Two types of binding are available to RPC applications: manual and automatic. The manual method is more complex, and it requires that you both create and maintain the binding programmatically. However, it offers more control over the binding and the destination of RPCs. And since RPC applications are inherently complex, the manual binding method is used for most RPC applications.

When you use automatic binding, the MIDL compiler generates all the code to create and maintain the binding. This makes your job much easier, but the cost is less control. Automatic binding is usually used only in general applications that do not care which server they bind to. For example, an application that wants to get the time from a remote server is a good candidate for automatic binding.

Location Transparency

When the client calls the remote procedure, the code usually looks exactly as if it were written for an LPC. What happens, however, is radically different. When the RPC is executed, the client jumps to the client stub1 generated by the MIDL compiler. The stub packages all the function parameters into a complex data structure in Network Data Representation (NDR) format. This structure is transmitted over the network to the server, where it is unpacked by the server stub and delivered to the remote procedure as regular function parameters. Because the client stub has the same name as the remote procedure, this whole process is transparent to the programmer.

Handles

An RPC application manages two main types of handles: binding handles and context handles. Binding handles contain information about the binding between the client and server, and context handles maintain state information.
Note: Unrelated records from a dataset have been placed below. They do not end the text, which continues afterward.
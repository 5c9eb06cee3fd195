//! A port whose replies a test chooses, and which keeps the last call that it was asked.

ghost use Rattle.std.specs.Prelude.{◌≡◌};

use ebpf_decode::Image;
use isa::AtomicOp;
use map_port::MapPort;
use semantics::{JournalFull, Key, Value};

/// What a port was asked, beside lookups.
#[derive(Clone, Copy, Debug, PartialEq, Eq)]
pub(super) enum Asked {
    Nothing,
    Load {
        handle: u64,
        offset: u64,
        size: u64,
    },
    Store {
        handle: u64,
        offset: u64,
        size: u64,
        value: u64,
    },
    Atomic {
        handle: u64,
        offset: u64,
        size: u64,
        op: AtomicOp,
        value: u64,
        expected: u64,
    },
    Update {
        map: u32,
        key: Key,
        value: Value,
        flags: u64,
    },
    Delete {
        map: u32,
        key: Key,
    },
}

/// What a port replies.
#[derive(Clone, Copy, Debug, PartialEq, Eq)]
pub(super) struct Replies {
    /// The number that atomic operations find is its lowest byte.
    pub(super) number: u64,
    /// The answer of updates and deletions.
    pub(super) answer: i32,
    /// How many calls it answers before it refuses one.
    pub(super) before_refusal: u32,
}

/// The port of an image's maps, one shard each: every key of map 0 is found, in the cell of handle 1, and a lookup in another is refused.
#[derive(Drop)]
pub(super) struct ScriptedPort<'a> {
    image: &'a Image,
    replies: Replies,
    asked: Asked,
}

impl<'a> ScriptedPort<'a> {
    pub(super) fn over(image: &'a Image, replies: Replies) -> ScriptedPort<'a>
        ensures { result.image.now.maps ≡ image.now.maps }
    {
        let _ = image.maps();
        ScriptedPort {
            image,
            replies,
            asked: Asked::Nothing,
        }
    }

    /// The last call.
    pub(super) fn asked(&self) -> Asked {
        self.asked
    }

    /// Whether the next call is refused; it counts as a call.
    fn is_refused(&mut self) -> bool
        ensures { self.new.image ≡ self.old.image }
    {
        if self.replies.before_refusal == 0 {
            return true;
        }
        self.replies.before_refusal -= 1;
        false
    }
}

impl<'a> MapPort for ScriptedPort<'a> {
    ghost use Rattle.std.specs.Prelude.{true};
    ghost use Rattle.std.proofs.Common.{refl, ap};
    ghost use Rattle.semantics.specs.RunTrace.{IsReplyTo};
    ghost use Rattle.semantics.specs.ServedCalls.{IsHandedOut};
    ghost use Rattle.map_port.specs.Served.{Maps, program_over};

    ghost serves = { λ port. record { maps = port.image.now.maps; shards = 1 } };

    ghost gives = { λ before call reply after. (after.image ≡ before.image)
        × IsReplyTo (program_over (record { maps = before.image.now.maps; shards = 1 })) call reply
        × IsHandedOut (program_over (record { maps = before.image.now.maps; shards = 1 })) (λ map shard cell. true) call reply };

    ghost refuses = { λ before call after. after.image ≡ before.image };

    ghost has_handed_out = { λ port map shard cell. true };

    ghost cell_of = { λ port handle. record { shard = 0; id = 0 } };

    ghost stays = { λ before after call refused. ap (λ image. record { maps = image.now.maps; shards = 1 }) refused };

    ghost keeps = { λ before after call reply given. record {
      same = ap (λ image. record { maps = image.now.maps; shards = 1 }) given.0;
      kept = λ map shard cell held. held;
      named = λ map handle held. refl;
    } };

    ghost hands_out = { λ before after call reply given. given.2 };

    ghost replies = { λ before after call reply given. given.1 };

    fn lookup(&mut self, map: u32, _key: &Key) -> Result<u64, JournalFull> {
        if self.is_refused() {
            return Err(JournalFull { shard: map });
        }
        if map == 0 {
            Ok(1)
        } else {
            Err(JournalFull { shard: map })
        }
    }

    fn load(&mut self, handle: u64, offset: u64, size: u64) -> Result<u64, JournalFull> {
        self.asked = Asked::Load {
            handle,
            offset,
            size,
        };
        if self.is_refused() {
            return Err(JournalFull { shard: 0 });
        }
        Ok(0)
    }

    fn store(
        &mut self,
        handle: u64,
        offset: u64,
        size: u64,
        value: u64,
    ) -> Result<(), JournalFull> {
        self.asked = Asked::Store {
            handle,
            offset,
            size,
            value,
        };
        if self.is_refused() {
            return Err(JournalFull { shard: 0 });
        }
        Ok(())
    }

    fn atomic(
        &mut self,
        handle: u64,
        offset: u64,
        size: u64,
        op: AtomicOp,
        value: u64,
        expected: u64,
    ) -> Result<u64, JournalFull> {
        self.asked = Asked::Atomic {
            handle,
            offset,
            size,
            op,
            value,
            expected,
        };
        if self.is_refused() {
            return Err(JournalFull { shard: 0 });
        }
        Ok(self.replies.number % 0x100)
    }

    fn update(
        &mut self,
        map: u32,
        key: &Key,
        value: &Value,
        flags: u64,
    ) -> Result<i32, JournalFull> {
        self.asked = Asked::Update {
            map,
            key: *key,
            value: *value,
            flags,
        };
        if self.is_refused() {
            return Err(JournalFull { shard: map });
        }
        Ok(self.replies.answer)
    }

    fn delete(&mut self, map: u32, key: &Key) -> Result<i32, JournalFull> {
        self.asked = Asked::Delete { map, key: *key };
        if self.is_refused() {
            return Err(JournalFull { shard: map });
        }
        Ok(self.replies.answer)
    }
}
A client initiates the binding process by calling several RPC run-time functions. If everything goes smoothly (if a valid server is found), the client receives a binding handle. A binding handle is an opaque data structure that the client uses when it makes RPCs and is always the first parameter passed to a remote procedure.
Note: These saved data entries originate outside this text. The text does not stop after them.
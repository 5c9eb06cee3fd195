//! Parts of programs, by the words of a listing.

use ebpf_decode::Insn;

pub(super) const EXIT: Insn = Insn::Exit;

/// With 2 in R0, a jump by the distance where the packet has fewer bytes than the size; else it begins at R2 and has them.
macro_rules! checked {
    ($size:expr, $distance:expr) => {
        [
            test_support::load!(isa::Size::U32, isa::Register::R2, isa::Register::R1, 0),
            test_support::load!(isa::Size::U32, isa::Register::R3, isa::Register::R1, 4),
            test_support::mov!(isa::Register::R4, isa::Register::R2),
            test_support::add!(isa::Register::R4, $size),
            test_support::number!(isa::Register::R0, 2),
            test_support::jump!(
                isa::Test::Gt,
                isa::Register::R4,
                isa::SourceOperand::Reg(isa::Register::R3),
                $distance
            ),
        ]
    };
}

pub(super) use checked;
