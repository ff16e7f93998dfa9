// Theorems of a waveform's definitions. There is no code here: the definitions stand in waveform/specs and specs/, the laws in proofs/.
#![tactic(auto)]
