//! The tests of the window crates. Nothing else is here.
#![tactic(auto)]

#[cfg(test)]
mod link;
#[cfg(test)]
mod looper;
#[cfg(test)]
mod pane;
#[cfg(test)]
mod port;
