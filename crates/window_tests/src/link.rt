use be_command::Command;
use be_link::{Buffer, BufferFull, Link};
use std::process::Abort;
use std::test::Fail;

/// What is asked of a buffer and a link, and what is due. A command is known by its view, which has
/// the number that the command is to have.
#[derive(Clone, Copy, Debug, PartialEq, Eq)]
enum Step {
    /// So many commands are put; the last has this number.
    Put(u16, u64),
    /// One more has no room in the buffer.
    Full,
    /// How many go over, if they do.
    Flush(Option<u32>),
    /// So many are popped, the first with this number.
    Pop(u16, u64),
    /// None is there to be popped.
    None,
    /// How many are in the buffer, and how many in the link.
    Len(u32, u32),
}

fn put_many(rt: &impl Abort, buffer: &mut Buffer, many: u16, last: u64) {
    for _ in 0..many {
        assert!(rt; buffer.last_number() < u64::MAX);
        let number = buffer.next_number();
        let given = buffer.put(Command::Push((number % 65_536) as u16)).ok();
        assert_eq!(rt; given, Some(number));
    }
    assert_eq!(rt; buffer.last_number(), last);
}

fn put_none(rt: &impl Abort, buffer: &mut Buffer) {
    assert!(rt; buffer.last_number() < u64::MAX);
    let handed_back = match buffer.put(Command::Pop(77)) {
        Err(
            BufferFull {
                command: Command::Pop(view),
            },
        ) => view == 77,
        _ => false,
    };
    assert!(rt; handed_back);
}

fn pop_one(link: &mut Link) -> Option<(u64, u16)> {
    let front = match link.front()? {
        (number, Command::Push(view)) => (number, *view),
        _ => return None,
    };
    match link.pop()? {
        (number, Command::Push(view)) if (number, view) == front => Some(front),
        _ => None,
    }
}

fn run(rt: &impl Abort, buffer: &mut Buffer, link: &mut Link, steps: &[Step]) {
    for step in steps {
        match *step {
            Step::Put(many, last) => put_many(rt, buffer, many, last),
            Step::Full => put_none(rt, buffer),
            Step::Flush(due) => assert_eq!(rt; link.append(buffer).ok(), due),
            Step::Pop(many, first) => {
                for number in first..first.saturating_add(u64::from(many)) {
                    assert_eq!(rt; pop_one(link), Some((number, (number % 65_536) as u16)));
                }
            }
            Step::None => assert!(rt; link.front().is_none() && link.pop().is_none()),
            Step::Len(in_buffer, in_link) => {
                assert_eq!(rt; (buffer.len(), link.len()), (in_buffer, in_link));
            }
        }
    }
}

/// The commands 1 to 128 go over.
const TO_128: [Step; 12] = [
    Step::Flush(Some(0)),
    Step::Put(32, 32),
    Step::Full,
    Step::Len(32, 0),
    Step::Flush(Some(32)),
    Step::Put(32, 64),
    Step::Flush(Some(32)),
    Step::Put(32, 96),
    Step::Flush(Some(32)),
    Step::Put(32, 128),
    Step::Flush(Some(32)),
    Step::Len(0, 128),
];

/// The commands 129 to 230 go over.
const TO_230: [Step; 9] = [
    Step::Put(32, 160),
    Step::Flush(Some(32)),
    Step::Put(32, 192),
    Step::Flush(Some(32)),
    Step::Put(32, 224),
    Step::Flush(Some(32)),
    Step::Put(6, 230),
    Step::Flush(Some(6)),
    Step::Len(0, 230),
];

#[test]
fn commands_go_over_whole_or_not(rt: HostRuntime) -> Result<(), Fail> {
    let ends = [
        [
            Step::Put(27, 257),
            Step::Flush(None),
            Step::Len(27, 230),
            Step::Pop(1, 1),
            Step::Flush(Some(27)),
            Step::Len(0, 256),
            Step::Pop(256, 2),
            Step::None,
        ],
        [
            Step::Put(26, 256),
            Step::Flush(Some(26)),
            Step::Len(0, 256),
            Step::Put(1, 257),
            Step::Flush(None),
            Step::Pop(256, 1),
            Step::None,
            Step::Flush(Some(1)),
        ],
    ];
    for end in &ends {
        let mut buffer = Buffer::new(rt.alloc())?;
        let mut link = Link::new(rt.alloc())?;
        run(&rt, &mut buffer, &mut link, TO_128.as_slice());
        run(&rt, &mut buffer, &mut link, TO_230.as_slice());
        run(&rt, &mut buffer, &mut link, end.as_slice());
    }
    Ok(())
}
There are two ways to pass binding handles in an RPC application: implicitly and explicitly. Implicit binding handles are easier to use because the code for passing them is generated by the MIDL compiler. When you use an implicit binding handle, you declare it as a global variable so that the C code generated by the MIDL compiler can package it for transmission to the remote procedure's stub. All binding handles are eventually converted to explicit binding handles, but with implicit binding handles you need not be concerned with the details.
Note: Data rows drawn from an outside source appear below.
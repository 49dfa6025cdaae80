use be_command::Command;
use be_flat::Bytes;
use be_handler::Route;
use be_looper::{BeginFault, Looper, Owner, ReplyFault};
use be_message::{Message, Target};
use be_port::{Duty, Letter, Sender};
use std::alloc::Global;
use std::test::Fail;

/// The characters of `PING`.
const PING: u32 = 0x5049_4e47;

/// What is asked of a looper, and what is due.
#[derive(Clone, Copy)]
enum Step {
    /// An application locks it, or is told who owns it.
    Lock(u16, Option<Owner>),
    /// Whether an application unlocks it.
    Unlock(u16, bool),
    /// A letter with this duty is begun, or all is handed back with the owner.
    Begin(Duty, Option<Owner>),
    Reply(Result<u16, ReplyFault>),
    Detach(Option<Duty>),
    End(Option<Duty>),
    Owner(Owner),
    /// Whether the letter, the message and the route are in hand, and the duty that is left.
    Hand(Option<Duty>),
}

fn letter(rt: &impl Alloc<A = Global>, duty: Duty) -> Letter {
    Letter {
        number: 9,
        sender: Sender::App(5),
        target: Target::View(2),
        hop: 1,
        duty,
        notice: false,
        bytes: Bytes::from_vec(Vec::new(rt.alloc())),
    }
}

fn begin(rt: &impl Alloc<A = Global>, looper: &mut Looper, duty: Duty) -> Option<(Owner, bool)> {
    let route = Route::Handler(Target::Plain(1));
    let fault = looper
        .begin(letter(rt, duty), Message::new(rt.alloc(), PING), route)
        .err()?;
    let BeginFault::Held {
        owner,
        letter,
        message,
        route: back,
    } = fault;
    Some((
        owner,
        letter.number == 9 && letter.duty == duty && message.what() == PING && back == route,
    ))
}

/// The duty that is left of the letter in hand; the route, the message and the rest of the letter
/// are as they were begun.
fn in_hand(looper: &Looper) -> Option<Duty> {
    let letter = looper.letter()?;
    let whole = letter.number == 9
        && looper.message()?.what() == PING
        && looper.route()? == Route::Handler(Target::Plain(1));
    whole.then_some(letter.duty)
}

fn holds(rt: &impl Alloc<A = Global>, looper: &mut Looper, step: Step) -> bool {
    match step {
        Step::Lock(app, due) => looper.lock(app).err().map(|held| held.owner) == due,
        Step::Unlock(app, due) => looper.unlock(app).is_ok() == due,
        Step::Begin(duty, due) => begin(rt, looper, duty) == due.map(|owner| (owner, true)),
        Step::Reply(due) => looper.reply() == due,
        Step::Detach(due) => looper.detach().ok() == due,
        Step::End(due) => looper.end().ok() == due,
        Step::Owner(due) => looper.owner() == due,
        Step::Hand(due) => in_hand(looper) == due,
    }
}

const LOCKS: [Step; 16] = [
    Step::Owner(Owner::Free),
    Step::Hand(None),
    Step::Unlock(3, false),
    Step::Lock(3, None),
    Step::Owner(Owner::App(3)),
    Step::Lock(3, Some(Owner::App(3))),
    Step::Lock(4, Some(Owner::App(3))),
    Step::Begin(Duty::Free, Some(Owner::App(3))),
    Step::Reply(Err(ReplyFault::NoMessage)),
    Step::Detach(None),
    Step::End(None),
    Step::Hand(None),
    Step::Unlock(4, false),
    Step::Owner(Owner::App(3)),
    Step::Unlock(3, true),
    Step::Owner(Owner::Free),
];

const OWED: [Step; 13] = [
    Step::Begin(Duty::Owed(5), None),
    Step::Owner(Owner::Own),
    Step::Hand(Some(Duty::Owed(5))),
    Step::Begin(Duty::Free, Some(Owner::Own)),
    Step::Lock(1, Some(Owner::Own)),
    Step::Unlock(1, false),
    Step::Reply(Ok(5)),
    Step::Hand(Some(Duty::Done)),
    Step::Reply(Err(ReplyFault::DuplicateReply)),
    Step::Detach(Some(Duty::Free)),
    Step::Reply(Err(ReplyFault::DuplicateReply)),
    Step::End(Some(Duty::Done)),
    Step::Owner(Owner::Free),
];

const HANDED_ON: [Step; 13] = [
    Step::Begin(Duty::Owed(65_535), None),
    Step::Detach(Some(Duty::Owed(65_535))),
    Step::Hand(Some(Duty::Free)),
    Step::Detach(Some(Duty::Free)),
    Step::Reply(Err(ReplyFault::NoReplyWanted)),
    Step::End(Some(Duty::Free)),
    Step::Hand(None),
    Step::Begin(Duty::Free, None),
    Step::Reply(Err(ReplyFault::NoReplyWanted)),
    Step::End(Some(Duty::Free)),
    Step::Begin(Duty::Owed(0), None),
    Step::End(Some(Duty::Owed(0))),
    Step::End(None),
];

fn all_hold(rt: &impl Alloc<A = Global>, looper: &mut Looper, steps: &[Step]) -> bool {
    steps.iter().all(|step| holds(rt, looper, *step))
}

#[test]
fn owners_and_duties_change_as_they_should(rt: HostRuntime) -> Result<(), Fail> {
    let mut looper = Looper::new(rt.alloc())?;
    assert!(rt; all_hold(&rt, &mut looper, LOCKS.as_slice()));
    assert!(rt; all_hold(&rt, &mut looper, OWED.as_slice()));
    assert!(rt; all_hold(&rt, &mut looper, HANDED_ON.as_slice()));
    Ok(())
}

#[test]
fn commands_wait_while_owners_change(rt: HostRuntime) -> Result<(), Fail> {
    let mut looper = Looper::new(rt.alloc())?;
    assert!(rt; looper.lock(0).is_ok());
    assert_eq!(rt; looper.buffer().put(Command::Push(0)).ok(), Some(1));
    assert!(rt; looper.unlock(0).is_ok());
    assert_eq!(rt; looper.commands().len(), 1);
    assert_eq!(rt; looper.commands().next_number(), 2);
    Ok(())
}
You pass explicit binding handles as the first parameter to every RPC. You gain control at the cost of extra complexity. With explicit binding handles, you can manage simultaneous connections to multiple servers. The RPC application presented later in this appendix uses explicit binding handles. Microsoft RPC also lets you define your own structures for use as binding handles. These handles can associate data unique to each binding for the application's use, similar to the ability to store application-defined data in a window handle.

Context handles, which are created and returned by the server, store information about the state of a server. Our sample RPC application uses context handles to determine when a client goes off line. If a client terminates, a special callback function known as a context handle rundown routine is executed on the server to notify the server that the client has terminated. The server can determine which client terminated by using the value stored in the context handle passed to the rundown routine.